■ Try it ■
Write out exactly the lines below that run from the one containing "pub const TYPE_TAG: u8 = 8;" through the one containing "pub const NO_SLOT: u8 = 18;", both included, with no other lines.
---------- Raw data
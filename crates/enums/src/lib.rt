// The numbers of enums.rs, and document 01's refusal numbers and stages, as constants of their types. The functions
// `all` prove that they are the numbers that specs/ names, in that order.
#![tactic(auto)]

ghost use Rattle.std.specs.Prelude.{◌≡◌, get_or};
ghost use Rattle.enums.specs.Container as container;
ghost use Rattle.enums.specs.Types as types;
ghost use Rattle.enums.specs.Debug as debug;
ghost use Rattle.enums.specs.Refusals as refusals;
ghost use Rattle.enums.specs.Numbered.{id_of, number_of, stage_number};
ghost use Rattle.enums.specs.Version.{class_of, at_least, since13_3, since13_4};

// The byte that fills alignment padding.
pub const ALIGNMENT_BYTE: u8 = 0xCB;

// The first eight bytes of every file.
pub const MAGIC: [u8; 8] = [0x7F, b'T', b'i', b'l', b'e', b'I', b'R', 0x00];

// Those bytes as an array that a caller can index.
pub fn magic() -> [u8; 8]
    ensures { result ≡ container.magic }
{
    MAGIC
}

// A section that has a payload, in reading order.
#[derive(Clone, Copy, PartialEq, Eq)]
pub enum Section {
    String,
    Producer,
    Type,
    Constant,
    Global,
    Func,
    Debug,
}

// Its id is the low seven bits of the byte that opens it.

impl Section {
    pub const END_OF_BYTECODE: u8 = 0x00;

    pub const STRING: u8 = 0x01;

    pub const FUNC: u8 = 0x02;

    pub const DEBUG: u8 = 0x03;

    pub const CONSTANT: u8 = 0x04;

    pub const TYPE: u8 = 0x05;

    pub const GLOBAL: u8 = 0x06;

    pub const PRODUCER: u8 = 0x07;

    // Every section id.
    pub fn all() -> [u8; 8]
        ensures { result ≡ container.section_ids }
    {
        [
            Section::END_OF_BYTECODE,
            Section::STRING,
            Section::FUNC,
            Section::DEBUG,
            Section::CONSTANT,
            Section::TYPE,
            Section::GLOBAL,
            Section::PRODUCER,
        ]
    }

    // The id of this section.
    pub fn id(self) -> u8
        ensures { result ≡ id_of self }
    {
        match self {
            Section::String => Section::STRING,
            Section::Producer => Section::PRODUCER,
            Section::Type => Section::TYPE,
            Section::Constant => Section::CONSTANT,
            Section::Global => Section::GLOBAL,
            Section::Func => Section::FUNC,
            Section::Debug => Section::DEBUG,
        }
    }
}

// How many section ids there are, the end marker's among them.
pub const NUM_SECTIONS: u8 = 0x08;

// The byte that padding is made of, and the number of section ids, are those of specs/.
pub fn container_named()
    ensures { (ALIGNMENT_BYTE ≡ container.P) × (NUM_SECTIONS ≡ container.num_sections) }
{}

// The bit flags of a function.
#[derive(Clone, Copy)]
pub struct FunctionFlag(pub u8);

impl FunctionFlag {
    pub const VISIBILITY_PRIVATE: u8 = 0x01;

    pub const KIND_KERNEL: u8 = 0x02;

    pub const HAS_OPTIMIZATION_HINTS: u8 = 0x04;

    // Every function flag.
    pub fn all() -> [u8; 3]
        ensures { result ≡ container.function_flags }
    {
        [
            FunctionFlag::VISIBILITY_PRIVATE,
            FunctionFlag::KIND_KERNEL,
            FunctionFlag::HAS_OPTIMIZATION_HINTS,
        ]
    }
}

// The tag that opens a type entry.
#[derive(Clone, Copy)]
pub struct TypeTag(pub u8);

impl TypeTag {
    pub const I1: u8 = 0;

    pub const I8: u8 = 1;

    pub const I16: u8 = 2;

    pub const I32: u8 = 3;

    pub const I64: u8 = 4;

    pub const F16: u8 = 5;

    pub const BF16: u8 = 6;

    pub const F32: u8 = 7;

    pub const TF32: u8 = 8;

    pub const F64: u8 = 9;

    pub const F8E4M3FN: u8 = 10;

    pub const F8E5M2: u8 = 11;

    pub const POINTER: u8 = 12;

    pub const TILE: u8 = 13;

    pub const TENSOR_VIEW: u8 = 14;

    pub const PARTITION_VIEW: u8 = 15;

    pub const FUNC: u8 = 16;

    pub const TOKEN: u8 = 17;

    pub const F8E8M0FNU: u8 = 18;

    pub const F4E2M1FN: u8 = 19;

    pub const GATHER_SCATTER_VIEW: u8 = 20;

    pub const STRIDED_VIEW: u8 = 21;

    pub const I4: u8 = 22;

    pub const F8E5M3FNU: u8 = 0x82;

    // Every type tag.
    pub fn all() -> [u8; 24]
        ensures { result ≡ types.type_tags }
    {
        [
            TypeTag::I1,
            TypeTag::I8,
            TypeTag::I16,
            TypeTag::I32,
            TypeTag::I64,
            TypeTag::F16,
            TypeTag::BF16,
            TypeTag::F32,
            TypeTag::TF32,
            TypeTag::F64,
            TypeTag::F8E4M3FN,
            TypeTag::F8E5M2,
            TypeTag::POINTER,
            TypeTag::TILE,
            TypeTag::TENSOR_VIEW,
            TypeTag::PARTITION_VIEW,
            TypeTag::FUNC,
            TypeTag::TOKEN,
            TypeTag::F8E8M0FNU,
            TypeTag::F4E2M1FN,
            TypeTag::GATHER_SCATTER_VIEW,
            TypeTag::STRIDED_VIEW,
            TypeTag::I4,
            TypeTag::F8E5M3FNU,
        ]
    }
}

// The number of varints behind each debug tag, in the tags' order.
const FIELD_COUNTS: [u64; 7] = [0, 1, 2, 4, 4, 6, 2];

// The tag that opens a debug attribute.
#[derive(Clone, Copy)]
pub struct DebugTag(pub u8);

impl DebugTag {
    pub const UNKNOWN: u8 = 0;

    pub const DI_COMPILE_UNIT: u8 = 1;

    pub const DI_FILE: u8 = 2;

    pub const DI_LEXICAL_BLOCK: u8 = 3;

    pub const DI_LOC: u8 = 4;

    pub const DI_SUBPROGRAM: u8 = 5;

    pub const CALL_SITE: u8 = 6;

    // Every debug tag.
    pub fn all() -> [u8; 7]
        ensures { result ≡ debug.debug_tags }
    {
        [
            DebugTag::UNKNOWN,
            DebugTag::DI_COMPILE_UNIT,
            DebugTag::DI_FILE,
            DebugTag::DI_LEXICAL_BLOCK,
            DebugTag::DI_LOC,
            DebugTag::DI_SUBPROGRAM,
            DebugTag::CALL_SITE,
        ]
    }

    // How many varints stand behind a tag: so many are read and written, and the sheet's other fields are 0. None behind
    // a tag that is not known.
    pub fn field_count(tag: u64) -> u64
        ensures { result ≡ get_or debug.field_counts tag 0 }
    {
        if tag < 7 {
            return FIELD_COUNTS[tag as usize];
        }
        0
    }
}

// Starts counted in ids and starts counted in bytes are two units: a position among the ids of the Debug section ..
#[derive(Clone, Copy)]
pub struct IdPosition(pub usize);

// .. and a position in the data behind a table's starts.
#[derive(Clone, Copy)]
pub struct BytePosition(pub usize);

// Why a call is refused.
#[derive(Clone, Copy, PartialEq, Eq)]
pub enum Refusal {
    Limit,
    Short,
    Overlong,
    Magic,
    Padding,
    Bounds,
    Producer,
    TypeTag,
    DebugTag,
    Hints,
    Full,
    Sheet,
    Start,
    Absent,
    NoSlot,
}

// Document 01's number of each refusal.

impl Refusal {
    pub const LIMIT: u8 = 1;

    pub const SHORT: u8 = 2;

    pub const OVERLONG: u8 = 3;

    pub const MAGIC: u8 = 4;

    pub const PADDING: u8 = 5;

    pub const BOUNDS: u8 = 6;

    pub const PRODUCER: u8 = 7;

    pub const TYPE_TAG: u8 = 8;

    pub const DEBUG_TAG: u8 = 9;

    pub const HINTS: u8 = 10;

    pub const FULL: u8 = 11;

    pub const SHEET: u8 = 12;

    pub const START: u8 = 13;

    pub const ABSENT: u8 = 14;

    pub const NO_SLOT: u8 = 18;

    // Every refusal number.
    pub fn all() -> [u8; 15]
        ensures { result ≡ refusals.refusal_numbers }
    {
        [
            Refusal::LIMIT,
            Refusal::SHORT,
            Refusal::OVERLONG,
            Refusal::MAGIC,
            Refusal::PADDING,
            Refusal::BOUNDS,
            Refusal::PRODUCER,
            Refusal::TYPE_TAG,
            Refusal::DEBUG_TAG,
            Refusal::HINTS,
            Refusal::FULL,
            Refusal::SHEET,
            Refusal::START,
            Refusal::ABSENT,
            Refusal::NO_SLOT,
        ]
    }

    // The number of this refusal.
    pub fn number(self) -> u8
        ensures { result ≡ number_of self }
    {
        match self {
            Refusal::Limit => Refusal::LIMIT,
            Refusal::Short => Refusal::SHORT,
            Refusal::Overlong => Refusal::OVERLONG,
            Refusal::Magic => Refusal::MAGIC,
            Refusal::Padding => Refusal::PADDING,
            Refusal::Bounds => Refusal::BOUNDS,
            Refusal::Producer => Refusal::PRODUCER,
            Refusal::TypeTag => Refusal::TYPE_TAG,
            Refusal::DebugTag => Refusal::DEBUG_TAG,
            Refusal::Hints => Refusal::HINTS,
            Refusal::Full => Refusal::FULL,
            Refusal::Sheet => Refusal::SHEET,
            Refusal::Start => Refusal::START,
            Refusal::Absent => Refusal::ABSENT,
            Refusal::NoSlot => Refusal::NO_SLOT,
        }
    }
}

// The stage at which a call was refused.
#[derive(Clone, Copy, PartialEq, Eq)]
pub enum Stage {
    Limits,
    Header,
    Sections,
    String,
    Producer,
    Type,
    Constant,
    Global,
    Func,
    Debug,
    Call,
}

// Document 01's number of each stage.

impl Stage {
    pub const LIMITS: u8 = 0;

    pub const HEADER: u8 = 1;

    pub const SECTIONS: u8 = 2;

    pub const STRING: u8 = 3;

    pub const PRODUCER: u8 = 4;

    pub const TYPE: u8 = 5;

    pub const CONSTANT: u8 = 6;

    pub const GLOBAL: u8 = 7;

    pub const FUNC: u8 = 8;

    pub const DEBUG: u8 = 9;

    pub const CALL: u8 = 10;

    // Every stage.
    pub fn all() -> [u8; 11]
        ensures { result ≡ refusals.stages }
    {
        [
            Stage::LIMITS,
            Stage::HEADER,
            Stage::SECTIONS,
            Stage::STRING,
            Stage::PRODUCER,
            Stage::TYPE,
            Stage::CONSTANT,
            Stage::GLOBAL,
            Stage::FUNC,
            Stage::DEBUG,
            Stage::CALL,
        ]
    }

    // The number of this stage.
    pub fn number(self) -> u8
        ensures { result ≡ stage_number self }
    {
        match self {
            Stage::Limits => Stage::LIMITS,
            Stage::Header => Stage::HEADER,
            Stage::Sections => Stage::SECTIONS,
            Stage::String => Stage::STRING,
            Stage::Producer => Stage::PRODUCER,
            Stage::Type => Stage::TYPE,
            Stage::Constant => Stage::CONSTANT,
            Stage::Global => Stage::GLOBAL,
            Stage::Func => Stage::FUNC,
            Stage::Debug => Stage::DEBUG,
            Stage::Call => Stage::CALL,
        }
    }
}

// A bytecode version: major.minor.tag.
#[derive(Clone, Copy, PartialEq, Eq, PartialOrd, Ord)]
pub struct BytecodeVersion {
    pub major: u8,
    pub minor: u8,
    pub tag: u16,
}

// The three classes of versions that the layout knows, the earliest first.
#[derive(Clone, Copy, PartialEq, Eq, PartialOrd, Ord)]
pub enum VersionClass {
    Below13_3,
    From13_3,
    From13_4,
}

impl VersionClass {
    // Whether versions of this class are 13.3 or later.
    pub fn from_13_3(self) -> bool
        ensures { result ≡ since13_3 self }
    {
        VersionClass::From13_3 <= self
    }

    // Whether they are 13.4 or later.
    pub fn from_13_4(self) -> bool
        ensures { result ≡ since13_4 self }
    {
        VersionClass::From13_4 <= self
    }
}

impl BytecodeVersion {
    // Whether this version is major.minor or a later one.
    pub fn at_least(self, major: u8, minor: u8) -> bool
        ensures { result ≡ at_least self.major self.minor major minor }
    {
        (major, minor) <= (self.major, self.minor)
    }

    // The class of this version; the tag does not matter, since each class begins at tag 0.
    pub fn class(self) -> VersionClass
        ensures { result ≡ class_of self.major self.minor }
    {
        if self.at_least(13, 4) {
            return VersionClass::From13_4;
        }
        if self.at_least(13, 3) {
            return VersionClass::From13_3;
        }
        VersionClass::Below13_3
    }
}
--------------------
■ Response to the exercise ■
    pub const TYPE_TAG: u8 = 8;

    pub const DEBUG_TAG: u8 = 9;

    pub const HINTS: u8 = 10;

    pub const FULL: u8 = 11;

    pub const SHEET: u8 = 12;

    pub const START: u8 = 13;

    pub const ABSENT: u8 = 14;

    pub const NO_SLOT: u8 = 18;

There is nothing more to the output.